Task: Lines outside the range are not wanted. Give again exactly the lines between the line holding "filename crates/words/src/address.rt" and the line holding "byte lies in.", inclusive, from the listing below.

Provided entries:
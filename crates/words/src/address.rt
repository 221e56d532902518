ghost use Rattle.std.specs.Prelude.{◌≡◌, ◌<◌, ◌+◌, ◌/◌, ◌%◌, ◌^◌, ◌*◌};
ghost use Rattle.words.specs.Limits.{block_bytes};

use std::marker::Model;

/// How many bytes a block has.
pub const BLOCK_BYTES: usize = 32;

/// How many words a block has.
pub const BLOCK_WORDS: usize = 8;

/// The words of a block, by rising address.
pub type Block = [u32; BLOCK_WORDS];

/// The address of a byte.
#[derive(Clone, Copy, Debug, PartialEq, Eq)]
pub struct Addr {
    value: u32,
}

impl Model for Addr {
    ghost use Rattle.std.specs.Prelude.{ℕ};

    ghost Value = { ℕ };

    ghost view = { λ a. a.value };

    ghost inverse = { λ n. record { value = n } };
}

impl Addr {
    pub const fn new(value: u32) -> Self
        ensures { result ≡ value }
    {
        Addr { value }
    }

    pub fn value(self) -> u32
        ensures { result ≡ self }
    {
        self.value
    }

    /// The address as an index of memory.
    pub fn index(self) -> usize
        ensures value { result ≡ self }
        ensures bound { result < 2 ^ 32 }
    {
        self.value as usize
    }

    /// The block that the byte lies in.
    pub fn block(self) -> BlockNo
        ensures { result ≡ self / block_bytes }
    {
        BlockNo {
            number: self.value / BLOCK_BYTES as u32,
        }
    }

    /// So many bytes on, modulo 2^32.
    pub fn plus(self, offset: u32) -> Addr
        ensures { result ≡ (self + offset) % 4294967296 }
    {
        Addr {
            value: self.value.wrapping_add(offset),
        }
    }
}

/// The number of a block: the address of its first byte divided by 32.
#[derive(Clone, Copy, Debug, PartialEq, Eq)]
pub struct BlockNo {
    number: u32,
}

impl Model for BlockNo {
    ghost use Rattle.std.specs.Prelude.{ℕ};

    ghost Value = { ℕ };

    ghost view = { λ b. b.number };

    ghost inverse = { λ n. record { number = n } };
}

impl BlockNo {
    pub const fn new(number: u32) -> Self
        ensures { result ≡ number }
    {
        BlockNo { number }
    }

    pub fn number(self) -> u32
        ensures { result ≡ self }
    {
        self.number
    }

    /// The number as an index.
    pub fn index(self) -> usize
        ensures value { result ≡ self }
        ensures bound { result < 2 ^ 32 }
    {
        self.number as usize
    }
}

---

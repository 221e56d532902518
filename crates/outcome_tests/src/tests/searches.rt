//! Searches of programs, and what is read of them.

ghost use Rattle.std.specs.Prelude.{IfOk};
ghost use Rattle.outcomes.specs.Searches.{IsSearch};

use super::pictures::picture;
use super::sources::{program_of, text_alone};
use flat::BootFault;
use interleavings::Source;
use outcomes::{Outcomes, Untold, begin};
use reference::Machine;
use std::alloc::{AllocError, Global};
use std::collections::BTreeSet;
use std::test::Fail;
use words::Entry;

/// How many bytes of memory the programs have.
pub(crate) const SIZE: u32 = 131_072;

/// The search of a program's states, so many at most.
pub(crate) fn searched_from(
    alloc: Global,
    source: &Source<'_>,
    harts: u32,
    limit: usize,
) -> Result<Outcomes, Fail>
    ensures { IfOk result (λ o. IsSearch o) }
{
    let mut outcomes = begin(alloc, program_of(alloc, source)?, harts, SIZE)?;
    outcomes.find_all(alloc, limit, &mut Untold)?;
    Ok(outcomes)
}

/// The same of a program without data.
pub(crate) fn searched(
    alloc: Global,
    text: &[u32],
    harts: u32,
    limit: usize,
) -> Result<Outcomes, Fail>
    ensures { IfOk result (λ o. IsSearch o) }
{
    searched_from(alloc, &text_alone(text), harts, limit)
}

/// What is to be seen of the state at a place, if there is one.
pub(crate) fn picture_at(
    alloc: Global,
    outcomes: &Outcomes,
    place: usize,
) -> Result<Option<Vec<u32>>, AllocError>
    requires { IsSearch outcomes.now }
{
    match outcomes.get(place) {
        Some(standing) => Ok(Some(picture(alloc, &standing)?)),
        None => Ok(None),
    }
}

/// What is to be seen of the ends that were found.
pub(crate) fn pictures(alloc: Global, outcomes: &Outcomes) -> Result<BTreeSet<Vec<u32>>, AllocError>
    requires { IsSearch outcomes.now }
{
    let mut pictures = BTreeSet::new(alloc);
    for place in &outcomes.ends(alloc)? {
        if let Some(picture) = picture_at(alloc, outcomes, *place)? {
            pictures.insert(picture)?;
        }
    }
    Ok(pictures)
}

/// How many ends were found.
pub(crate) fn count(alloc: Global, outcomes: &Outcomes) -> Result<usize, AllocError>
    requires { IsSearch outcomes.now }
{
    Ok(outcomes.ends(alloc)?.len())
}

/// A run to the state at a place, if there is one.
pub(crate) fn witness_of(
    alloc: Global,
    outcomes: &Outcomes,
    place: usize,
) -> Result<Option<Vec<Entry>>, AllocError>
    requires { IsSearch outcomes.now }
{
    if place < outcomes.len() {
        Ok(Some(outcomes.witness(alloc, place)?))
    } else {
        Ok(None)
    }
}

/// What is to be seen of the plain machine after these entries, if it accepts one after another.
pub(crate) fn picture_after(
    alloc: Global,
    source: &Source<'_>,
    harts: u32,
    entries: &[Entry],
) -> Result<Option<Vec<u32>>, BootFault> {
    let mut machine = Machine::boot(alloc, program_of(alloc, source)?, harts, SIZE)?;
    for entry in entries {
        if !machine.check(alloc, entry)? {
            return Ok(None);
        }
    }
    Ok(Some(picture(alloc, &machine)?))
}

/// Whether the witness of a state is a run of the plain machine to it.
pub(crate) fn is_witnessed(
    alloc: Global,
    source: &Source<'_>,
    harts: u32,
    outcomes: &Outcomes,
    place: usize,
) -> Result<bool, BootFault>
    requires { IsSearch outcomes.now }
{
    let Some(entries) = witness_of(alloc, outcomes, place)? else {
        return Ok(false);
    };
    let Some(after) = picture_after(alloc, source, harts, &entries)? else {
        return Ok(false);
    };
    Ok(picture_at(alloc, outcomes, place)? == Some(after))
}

Result:
filename crates/words/src/address.rt
repository 221e56d532902518
ghost use Rattle.std.specs.Prelude.{◌≡◌, ◌<◌, ◌+◌, ◌/◌, ◌%◌, ◌^◌, ◌*◌};
ghost use Rattle.words.specs.Limits.{block_bytes};

use std::marker::Model;

/// How many bytes a block has.
pub const BLOCK_BYTES: usize = 32;

/// How many words a block has.
pub const BLOCK_WORDS: usize = 8;

/// The words of a block, by rising address.
pub type Block = [u32; BLOCK_WORDS];

/// The address of a byte.
#[derive(Clone, Copy, Debug, PartialEq, Eq)]
pub struct Addr {
    value: u32,
}

impl Model for Addr {
    ghost use Rattle.std.specs.Prelude.{ℕ};

    ghost Value = { ℕ };

    ghost view = { λ a. a.value };

    ghost inverse = { λ n. record { value = n } };
}

impl Addr {
    pub const fn new(value: u32) -> Self
        ensures { result ≡ value }
    {
        Addr { value }
    }

    pub fn value(self) -> u32
        ensures { result ≡ self }
    {
        self.value
    }

    /// The address as an index of memory.
    pub fn index(self) -> usize
        ensures value { result ≡ self }
        ensures bound { result < 2 ^ 32 }
    {
        self.value as usize
    }

    /// The block that the byte lies in.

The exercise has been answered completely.